● **MATERIAL PROVIDED**:
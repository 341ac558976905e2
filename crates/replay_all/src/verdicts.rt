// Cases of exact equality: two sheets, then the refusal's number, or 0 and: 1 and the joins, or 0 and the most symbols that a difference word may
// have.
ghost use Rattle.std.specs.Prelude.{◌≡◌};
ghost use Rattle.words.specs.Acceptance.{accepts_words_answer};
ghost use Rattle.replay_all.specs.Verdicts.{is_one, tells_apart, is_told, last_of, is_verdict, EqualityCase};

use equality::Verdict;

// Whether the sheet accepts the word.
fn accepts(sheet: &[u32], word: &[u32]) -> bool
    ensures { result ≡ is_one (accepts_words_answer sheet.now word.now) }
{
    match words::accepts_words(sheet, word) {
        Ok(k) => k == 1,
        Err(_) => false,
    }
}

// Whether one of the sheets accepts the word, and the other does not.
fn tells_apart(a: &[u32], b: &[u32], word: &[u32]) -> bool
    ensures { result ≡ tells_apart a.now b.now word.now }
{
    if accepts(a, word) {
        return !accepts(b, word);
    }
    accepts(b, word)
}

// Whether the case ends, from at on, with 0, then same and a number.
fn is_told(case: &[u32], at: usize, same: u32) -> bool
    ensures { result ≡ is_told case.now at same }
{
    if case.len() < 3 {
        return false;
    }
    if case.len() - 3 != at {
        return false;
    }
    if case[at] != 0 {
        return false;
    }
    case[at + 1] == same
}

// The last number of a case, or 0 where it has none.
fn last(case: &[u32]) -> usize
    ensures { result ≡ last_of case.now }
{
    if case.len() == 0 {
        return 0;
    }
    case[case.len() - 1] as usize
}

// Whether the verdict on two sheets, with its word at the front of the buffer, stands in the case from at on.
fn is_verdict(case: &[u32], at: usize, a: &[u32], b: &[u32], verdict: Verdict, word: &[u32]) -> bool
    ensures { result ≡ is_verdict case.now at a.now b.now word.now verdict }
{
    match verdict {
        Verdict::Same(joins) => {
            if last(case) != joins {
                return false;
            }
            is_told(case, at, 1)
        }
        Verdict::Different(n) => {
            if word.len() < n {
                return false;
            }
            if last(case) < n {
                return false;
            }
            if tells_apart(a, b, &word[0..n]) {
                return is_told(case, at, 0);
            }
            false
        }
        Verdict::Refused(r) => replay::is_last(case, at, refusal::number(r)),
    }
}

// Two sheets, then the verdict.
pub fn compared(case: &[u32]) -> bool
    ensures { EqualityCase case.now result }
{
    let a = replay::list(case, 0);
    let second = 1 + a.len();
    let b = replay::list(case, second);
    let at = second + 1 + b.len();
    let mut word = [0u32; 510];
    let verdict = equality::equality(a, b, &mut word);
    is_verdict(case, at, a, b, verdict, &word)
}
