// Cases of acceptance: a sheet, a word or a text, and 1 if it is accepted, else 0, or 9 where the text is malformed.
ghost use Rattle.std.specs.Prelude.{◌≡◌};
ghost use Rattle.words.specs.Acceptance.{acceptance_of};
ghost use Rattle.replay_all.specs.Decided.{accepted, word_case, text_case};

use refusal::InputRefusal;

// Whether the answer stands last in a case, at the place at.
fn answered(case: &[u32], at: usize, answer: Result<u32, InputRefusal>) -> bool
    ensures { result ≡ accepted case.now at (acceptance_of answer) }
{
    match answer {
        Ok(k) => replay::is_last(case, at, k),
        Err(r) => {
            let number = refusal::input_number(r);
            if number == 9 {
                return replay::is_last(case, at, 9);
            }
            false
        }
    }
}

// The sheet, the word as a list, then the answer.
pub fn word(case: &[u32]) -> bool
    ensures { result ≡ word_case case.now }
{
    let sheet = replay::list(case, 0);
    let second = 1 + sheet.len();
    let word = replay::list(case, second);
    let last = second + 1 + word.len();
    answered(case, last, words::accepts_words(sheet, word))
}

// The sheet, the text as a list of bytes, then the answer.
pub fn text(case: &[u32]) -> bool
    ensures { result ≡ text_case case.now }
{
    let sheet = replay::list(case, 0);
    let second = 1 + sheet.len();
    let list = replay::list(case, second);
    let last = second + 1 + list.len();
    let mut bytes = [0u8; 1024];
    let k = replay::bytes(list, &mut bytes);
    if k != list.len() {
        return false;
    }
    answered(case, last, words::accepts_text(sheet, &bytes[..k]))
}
...
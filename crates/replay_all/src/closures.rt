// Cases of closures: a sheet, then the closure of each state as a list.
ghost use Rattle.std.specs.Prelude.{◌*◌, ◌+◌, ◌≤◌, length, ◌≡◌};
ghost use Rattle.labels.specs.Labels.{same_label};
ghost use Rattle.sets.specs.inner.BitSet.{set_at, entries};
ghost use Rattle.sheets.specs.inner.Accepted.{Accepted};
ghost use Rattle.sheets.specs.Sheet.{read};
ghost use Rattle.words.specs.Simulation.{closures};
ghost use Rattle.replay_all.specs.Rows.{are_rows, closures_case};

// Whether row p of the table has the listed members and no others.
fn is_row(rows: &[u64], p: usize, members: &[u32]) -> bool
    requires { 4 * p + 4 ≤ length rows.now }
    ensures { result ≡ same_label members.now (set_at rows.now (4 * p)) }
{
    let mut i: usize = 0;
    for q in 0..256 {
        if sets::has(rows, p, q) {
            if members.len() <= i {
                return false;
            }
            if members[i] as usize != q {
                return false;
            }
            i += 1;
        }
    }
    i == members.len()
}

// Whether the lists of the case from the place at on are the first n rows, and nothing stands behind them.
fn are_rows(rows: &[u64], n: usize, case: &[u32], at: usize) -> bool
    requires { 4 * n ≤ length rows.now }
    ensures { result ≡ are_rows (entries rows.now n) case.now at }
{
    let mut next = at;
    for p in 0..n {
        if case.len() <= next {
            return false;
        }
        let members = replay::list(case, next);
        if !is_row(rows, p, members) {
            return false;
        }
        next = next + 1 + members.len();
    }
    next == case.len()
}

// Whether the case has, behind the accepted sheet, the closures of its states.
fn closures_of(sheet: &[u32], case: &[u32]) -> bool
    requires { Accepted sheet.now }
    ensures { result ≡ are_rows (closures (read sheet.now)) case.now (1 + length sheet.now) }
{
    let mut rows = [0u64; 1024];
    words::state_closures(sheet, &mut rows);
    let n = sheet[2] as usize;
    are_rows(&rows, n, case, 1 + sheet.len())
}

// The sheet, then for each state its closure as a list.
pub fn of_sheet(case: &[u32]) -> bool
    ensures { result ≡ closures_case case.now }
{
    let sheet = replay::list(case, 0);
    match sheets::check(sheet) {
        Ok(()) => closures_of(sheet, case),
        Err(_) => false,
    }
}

● **ASSIGNMENT**:
Whenever the word "number" shows up in a line of the entries, copy that line.

● **WRITTEN REPLY**:
// Cases of exact equality: two sheets, then the refusal's number, or 0 and: 1 and the joins, or 0 and the most symbols that a difference word may
// Whether the case ends, from at on, with 0, then same and a number.
// The last number of a case, or 0 where it has none.
        Verdict::Refused(r) => replay::is_last(case, at, refusal::number(r)),
            let number = refusal::input_number(r);
            if number == 9 {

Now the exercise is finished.